____ Data to process

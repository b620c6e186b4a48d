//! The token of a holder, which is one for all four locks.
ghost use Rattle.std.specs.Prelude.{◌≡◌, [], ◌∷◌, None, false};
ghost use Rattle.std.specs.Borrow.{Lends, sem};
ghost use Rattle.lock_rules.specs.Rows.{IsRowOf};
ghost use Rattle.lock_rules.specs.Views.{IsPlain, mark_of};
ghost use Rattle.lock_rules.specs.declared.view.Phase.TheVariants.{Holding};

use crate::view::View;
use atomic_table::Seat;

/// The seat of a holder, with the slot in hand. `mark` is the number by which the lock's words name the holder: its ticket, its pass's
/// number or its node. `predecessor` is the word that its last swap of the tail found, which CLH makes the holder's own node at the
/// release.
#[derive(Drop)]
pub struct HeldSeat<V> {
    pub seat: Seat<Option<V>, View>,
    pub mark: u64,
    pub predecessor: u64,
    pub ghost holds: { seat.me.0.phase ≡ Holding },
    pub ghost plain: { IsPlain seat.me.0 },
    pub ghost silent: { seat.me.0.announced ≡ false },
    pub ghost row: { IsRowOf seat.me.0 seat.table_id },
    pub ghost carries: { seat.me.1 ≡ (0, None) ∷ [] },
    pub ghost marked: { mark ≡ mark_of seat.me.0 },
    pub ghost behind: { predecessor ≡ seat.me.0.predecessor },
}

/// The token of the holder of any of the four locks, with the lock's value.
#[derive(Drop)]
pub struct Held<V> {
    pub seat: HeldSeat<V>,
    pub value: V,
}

________

Pull out every line of the records that includes the string "four".

▸ **Reply**
//! The token of a holder, which is one for all four locks.
/// The token of the holder of any of the four locks, with the lock's value.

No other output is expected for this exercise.